I am interested in understanding a bit better when a value for a parameter requires quotes and when it does not.
When I import from CSV, it seems the values are automatically interpreted as strings. When I supply them to a parameter that requires a string, the value does not require quotes even if it has spaces e.g New-UnifiedGroup -DisplayName $item.displayName
does not require quotes even when the display name has spaces.
But when I want to create a team from an existing group, and I get the ID of the group, the group id requires quotes: New-Teams -GroupId "$group.ExternalDirectoryObjectId"
. In this case the parameter -GroupId requires a string value, although the ExternalDirectoryObjectId that it requires is not a string.
Is there a rule that a value does not require quotes if it is a string, and a string value is expected? Does it help to declare a variable as a string before passing it to a parameter that requires a string?
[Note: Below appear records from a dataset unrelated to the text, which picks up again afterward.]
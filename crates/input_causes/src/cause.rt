//! Why an input is refused, by the kind of the input.
ghost use Rattle.std.specs.Prelude.{◌≡◌, IfOk, string_bytes};
ghost use Rattle.input_causes.specs.Causes.{cause_text, cause_word};

use crate::proof::ProofWhy;
use crate::rules::RuleWhy;
use crate::script::ScriptWhy;
use roster::RosterFault;
use std::alloc::{AllocError, Global};

/// Why an input is refused, by the kind of the input.
#[derive(Clone, Copy, Debug, PartialEq, Eq)]
pub enum Cause {
    Script(ScriptWhy),
    Roster(RosterFault),
    Rules(RuleWhy),
    Proof(ProofWhy),
    /// A file doesn't begin with a log's header.
    Header,
    /// A file is over the limit of its kind.
    TooLong,
    /// A rule is too wide.
    TooWide,
    /// There are too many entries in the logs.
    TooMany,
    /// Two entries with different texts have this digest.
    Collision([u8; 32]),
    /// A word means no entry.
    NoEntry,
    /// An office has this name already.
    Exists,
    /// A file isn't an office's.
    Office,
    /// An office's key is used up.
    Spent,
}

impl Cause {
    /// The cause's word in lines of output.
    pub fn word(self) -> &'static str
        ensures { result.now ≡ cause_word self }
    {
        match self {
            Cause::Script(why) => why.word(),
            Cause::Roster(fault) => fault.word(),
            Cause::Rules(why) => why.word(),
            Cause::Proof(why) => why.word(),
            Cause::Header => "Header",
            Cause::TooLong => "TooLong",
            Cause::TooWide => "TooWide",
            Cause::TooMany => "TooMany",
            Cause::Collision(_) => "Collision",
            Cause::NoEntry => "NoEntry",
            Cause::Exists => "Exists",
            Cause::Office => "Office",
            Cause::Spent => "Spent",
        }
    }

    /// The cause as a line of output has it: its word, and after a space the digest of a collision
    /// in hexadecimal digits.
    pub fn text(self, alloc: Global) -> Result<String, AllocError>
        ensures { IfOk result (λ text. string_bytes text ≡ cause_text self) }
    {
        match self {
            Cause::Collision(digest) => {
                let digits = hex::encode(alloc, digest)?;
                format!(in alloc; "Collision {digits}")
            }
            cause => String::from_str(alloc, cause.word()),
        }
    }
}
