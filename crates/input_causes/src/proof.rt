//! Why a line of a proof's text isn't allowed.
ghost use Rattle.std.specs.Prelude.{◌≡◌};
ghost use Rattle.input_causes.specs.Causes.{proof_why_word};

/// Why a line of a proof's text isn't allowed: on a line the first cause that applies, word by word
/// from the left.
#[derive(Clone, Copy, Debug, PartialEq, Eq)]
pub enum ProofWhy {
    /// The words aren't of the form, or the line isn't ended.
    Form,
    /// The number isn't that of the survivors.
    WrongCount,
    /// A number is no survivor's.
    OutOfRange,
    /// The line's entry isn't above that of the line before.
    NotRising,
    /// The ancestor isn't below the one before.
    NotFalling,
    /// The entry via which it is reached is neither the line's nor an ancestor before.
    NotReached,
    /// That entry doesn't name the ancestor.
    NotParent,
    /// A parent of what is on the line is missing.
    NotClosed,
}

impl ProofWhy {
    /// The cause's word in lines of output.
    pub fn word(self) -> &'static str
        ensures { result.now ≡ proof_why_word self }
    {
        match self {
            ProofWhy::Form => "Form",
            ProofWhy::WrongCount => "WrongCount",
            ProofWhy::OutOfRange => "OutOfRange",
            ProofWhy::NotRising => "NotRising",
            ProofWhy::NotFalling => "NotFalling",
            ProofWhy::NotReached => "NotReached",
            ProofWhy::NotParent => "NotParent",
            ProofWhy::NotClosed => "NotClosed",
        }
    }
}
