//! Frames of requests.

ghost use Rattle.std.specs.Prelude.{◌≡◌, ◌≤◌, length};

use fp_reply::MOST_OCTETS;
use std::marker::Model;

/// The octets of a requested frame, its head included: at most [`MOST_OCTETS`]. Contracts see their list.
#[derive(Debug, Drop)]
pub struct RequestFrame {
    octets: Vec<u8>,
}

impl Model for RequestFrame {
    ghost use Rattle.std.specs.Prelude.{ℕ, ◌≤◌, List, length};
    ghost use Rattle.fp_reply.specs.declared.frame.TheConstants.{MOST_OCTETS};

    ghost Value = { List ℕ };

    ghost view = { λ frame. frame.octets.items };

    ghost invariant = { λ frame. length frame.octets.items ≤ MOST_OCTETS };
}

impl RequestFrame {
    /// The frame of these octets, at most [`MOST_OCTETS`] of them. Takes no memory.
    pub(crate) fn new(octets: Vec<u8>) -> RequestFrame
        requires { length octets.items ≤ MOST_OCTETS }
        ensures { result ≡ octets.items }
    {
        RequestFrame { octets }
    }

    /// The octets, the head first, at most [`MOST_OCTETS`] of them.
    pub fn octets(&self) -> &[u8]
        ensures value { result.now ≡ self.now }
        ensures most { length self.now ≤ MOST_OCTETS }
    {
        self.octets.as_slice()
    }
}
For example, if I have a $path
variable, I usually have to provide it as -Path "$path"
. If I declared the path as [String]$path =
, would I then not need to use the quotes in -Path $path
Generally, only ever use quoting in PowerShell to explicitly pass a value as a string ([string]
).
String-literal arguments require quoting if they contain any of the following: spaces or, more generally, PowerShell metacharacters[1], as well as commands or expressions (enclosed in $(...)
) if they are part of a larger string (see below).
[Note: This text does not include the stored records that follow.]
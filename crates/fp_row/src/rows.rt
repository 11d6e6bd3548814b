//! Rows by local identifier.

ghost use Rattle.std.specs.Prelude.{◌≡◌, ◌<◌, ◌^◌, ℕ, None, OnErr, OnOk, Some, if◌then◌else◌};
ghost use Rattle.std.specs.Option.{option_copied, option_copied_mut};
ghost use Rattle.std.specs.Borrow.{LendsIf, sem};
ghost use Rattle.std.specs.Ordering.{nat_cmp};
ghost use Rattle.std.specs.FinMap as map;
ghost use Rattle.fp_row.specs.contracts.rows.Rows.{the_row};
ghost use Rattle.fp_row.specs.contracts.row.Row as row_type;
ghost use Rattle.fp_row.specs.declared.row.Row.{Row};
ghost use Rattle.fp_row.specs.proof_only.Leads.{key_in};
ghost use Rattle.fp_row.specs.Rows.{Closes, ClosesAt, IsAfter, count_due, entry_count, is_above, is_sent};

use crate::identifier_hash::IdentifierHasher;
use crate::{Ending, Row};
use fp_digits::Moment;
use slab::Slab;
use std::alloc::{AllocError, Global};
use std::collections::HashMap;
use std::hash::BuildHasherDefault;
use std::marker::Model;

/// From identifiers to slab keys.
type Index = HashMap<u32, usize, BuildHasherDefault<IdentifierHasher>>;

/// Rows, each under a local transaction identifier (ITU-T Q.773, 4.2.1.3), at most one under each. Contracts see a
/// finite map.
#[derive(Debug, Drop)]
pub struct Rows {
    // A row isn't moved when others are inserted or removed, until the slab grows. Its identifier is beside it, because
    // a row that is lent may be changed in any way.
    rows: Slab<(u32, Row)>,
    // From each identifier to the key of its row.
    index: Index,
    alloc: Global,
}

impl Model for Rows {
    ghost use Rattle.std.specs.Ordering.{nat_cmp};
    ghost use Rattle.std.specs.FinMap as map;
    ghost use Rattle.std.specs.Coded.{coded_ℕ};
    ghost use Rattle.fp_row.specs.contracts.row.Row as row_type;
    ghost use Rattle.fp_row.specs.declared.row.Row.{Row};
    ghost use Rattle.fp_row.specs.proof_only.Leads.{Leads, key_in, values_in};

    ghost Value = { map.FinMap nat_cmp Row };

    ghost coded = { map.code coded_ℕ row_type.the_row.coded };

    ghost view = { λ rows. values_in rows.rows };

    ghost invariant = { λ rows. Leads (key_in rows.index) rows.rows };
}

/// The key of an identifier in an index.
fn key_in(index: &Index, local: u32) -> Option<usize>
    ensures { result ≡ key_in index.now local }
{
    index.get(&local).copied()
}

/// Whether an identifier is above this one. Each identifier is above `None`.
fn is_above(local: Option<u32>, other: u32) -> bool
    ensures { result ≡ is_above local other }
{
    match local {
        Some(local) => local < other,
        None => true,
    }
}

/// Whether `sending`, the dialogue whose frame is being sent, is this dialogue.
fn is_sent(sending: Option<u32>, local: u32) -> bool
    ensures { result ≡ is_sent sending local }
{
    match sending {
        Some(sending) => sending == local,
        None => false,
    }
}

/// Closes a dialogue, and returns whether something of it is left.
fn close(row: &mut Row, is_sending: bool) -> bool
    ensures { Closes is_sending row.old (if result then Some row.new else None) }
{
    let _drops = row.end(Ending::Closed, is_sending);
    row.is_held()
}

impl Rows {
    /// An empty map. Takes no memory.
    pub fn new(alloc: Global) -> Rows
        ensures { result ≡ map.empty }
    {
        Rows {
            rows: Slab::new(alloc),
            index: HashMap::with_hasher(alloc, BuildHasherDefault::new()),
            alloc,
        }
    }

    /// The allocator of the map.
    pub fn allocator(&self) -> Global {
        self.alloc
    }

    /// The number of rows.
    pub fn len(&self) -> usize
        ensures { result ≡ map.len self.now }
    {
        self.rows.len()
    }

    /// Puts a row under an identifier, which must have none. If memory runs out, nothing changes, and the row is lost.
    pub fn add(&mut self, local: u32, row: Row) -> Result<(), AllocError>
        requires { map.get self.old local ≡ None }
        ensures ok { OnOk result (self.new ≡ map.insert self.old local row) }
        ensures err { OnErr result (self.new ≡ self.old) }
    {
        self.rows.reserve(1)?;
        let key = self.rows.vacant_key();
        self.index.insert(local, key)?;
        self.rows.insert_reserved((local, row));
        Ok(())
    }

    /// The row under an identifier, if there is one.
    pub fn get(&self, local: u32) -> Option<&Row>
        ensures { option_copied result ≡ map.get self.now local }
    {
        let Some(key) = key_in(&self.index, local) else {
            return None;
        };
        Some(&self.rows[key].1)
    }

    /// Lends the row under an identifier, if there is one, to be changed. Its state at the end of the loan stays under
    /// the identifier.
    pub fn get_mut(&mut self, local: u32) -> Option<&mut Row>
        ensures* writes_back { sem 𝓛 (LendsIf the_row row_type.the_row self.entry result (λ (w : Row). map.insert self.old local w) self.old) }
        ensures value { option_copied_mut result ≡ map.get self.old local }
    {
        let Some(key) = key_in(&self.index, local) else {
            return None;
        };
        Some(&mut self.rows[key].1)
    }

    /// Drops the row under an identifier, if there is one. Takes no memory.
    #[inline(always)]
    pub fn forget(&mut self, local: u32)
        ensures { self.new ≡ map.remove self.old local }
    {
        let Some(key) = self.index.remove(&local) else {
            return;
        };
        drop(self.rows.remove(key));
    }

    /// Closes every dialogue, and removes those with nothing left. `sending` is the dialogue whose frame is being sent,
    /// if one is. Takes no memory.
    pub fn close_all(&mut self, sending: Option<u32>)
        ensures { (local : ℕ) → ClosesAt (is_sent sending local) (map.get self.old local) (map.get self.new local) }
    {
        self.rows.retain(|_key, entry| close(&mut entry.1, is_sent(sending, entry.0)));
        let rows = &self.rows;
        self.index.retain(|_local, key| rows.contains(*key));
    }

    /// The least identifier above `local` that has a row; for `None` the least of all. `None` if there is none. Goes
    /// through all rows.
    pub fn after(&self, local: Option<u32>) -> Option<u32>
        ensures { IsAfter self.now local result }
    {
        self.index
            .keys()
            .copied()
            .filter(|other| is_above(local, *other))
            .min()
    }

    /// How many of the dialogues are due at a moment. Goes through all of them.
    pub fn count_due(&self, moment: Moment) -> usize
        ensures { result ≡ count_due self.now moment }
    {
        let due = self.rows.iter().filter(|entry| entry.1.1.is_due(moment));
        due.count()
    }

    /// How many entries the dialogues keep: the sum of all that they accepted. Goes through all dialogues.
    pub fn entry_count(&self) -> u64
        requires { entry_count self.now < 2 ^ 64 }
        ensures { result ≡ entry_count self.now }
    {
        self.rows
            .iter()
            .map(|entry| entry.1.1.accepted.len() as u64)
            .sum()
    }
}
If a string-literal argument is to be used verbatim, use '...'
i.e. enclose it in a single-quoted aka verbatim string (use ''
to embed a literal '
).
To pass the value of a variable, one of its properties, or even the result of a method call on it, you do not need quoting in PowerShell (except as part of a larger string - see below), which will pass the resulting value with its original data type; however, when the value is bound to its target parameter, PowerShell may automatically convert it to the parameter's type.
If the target parameter is [string]
-typed (as is the case with New-Team
's -GroupId
parameter), PowerShell will automatically convert any non-string argument to a string, essentially by calling .ToString()
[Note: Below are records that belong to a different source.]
//! Endings from outside: not by the service logic.

ghost use Rattle.std.specs.Prelude.{◌≡◌, Some};
ghost use Rattle.fp_row.specs.Calls.{ended_by};

/// How a dialogue was ended from outside: other than by its own service logic.
#[derive(Clone, Copy, Debug, PartialEq, Eq)]
pub enum Ending {
    /// The peer's End or Abort was accepted. The dialogue's entries stay to be served; its waiting frames are dropped.
    ByPeer,
    /// A message of the dialogue was refused, or its link went down. Its waiting entries and frames are dropped. A turn
    /// that is out may still be given back.
    Closed,
}

impl Ending {
    /// The ending of a dialogue that had the ending `before`: a closed one stays closed.
    pub(crate) fn after(self, before: Option<Ending>) -> Ending
        ensures { ended_by self before ≡ Some result }
    {
        match before {
            Some(Ending::Closed) => Ending::Closed,
            _ => self,
        }
    }
}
on it[2]. If the resulting string isn't the right representation, you must perform explicit stringification, by way of an expression or command.
E.g., both -GroupId $groupId
and -GroupId $group.ExternalDirectoryObjectId
work without quoting - even if the string value being passed contains embedded spaces or other PowerShell metacharacters.
If you need to pass an object's property, a method call, or any type of command or expression as part of a larger string, enclose the argument in "..."
(i.e. a double-quoted, so-called expandable (interpolating) string) (use `"
or ""
to embed a literal "
) and use $(...)
, the subexpression operator around the expression / command; e.g., "$($group.ExternalDirectoryObjectId)/more"
; referencing a variable (including an environment variable) by itself inside "..."
does not require $(...)
; e.g. "$HOME\Project"
or "user:$env:USERNAME"
.
Note that "$group.ExternalDirectoryObjectId"
definitely does not work as intended, because only variable reference $group
by itself is recognized - and stringified - whereas the .ExternalDirectoryObjectId
part is treated literally - see first link below for why.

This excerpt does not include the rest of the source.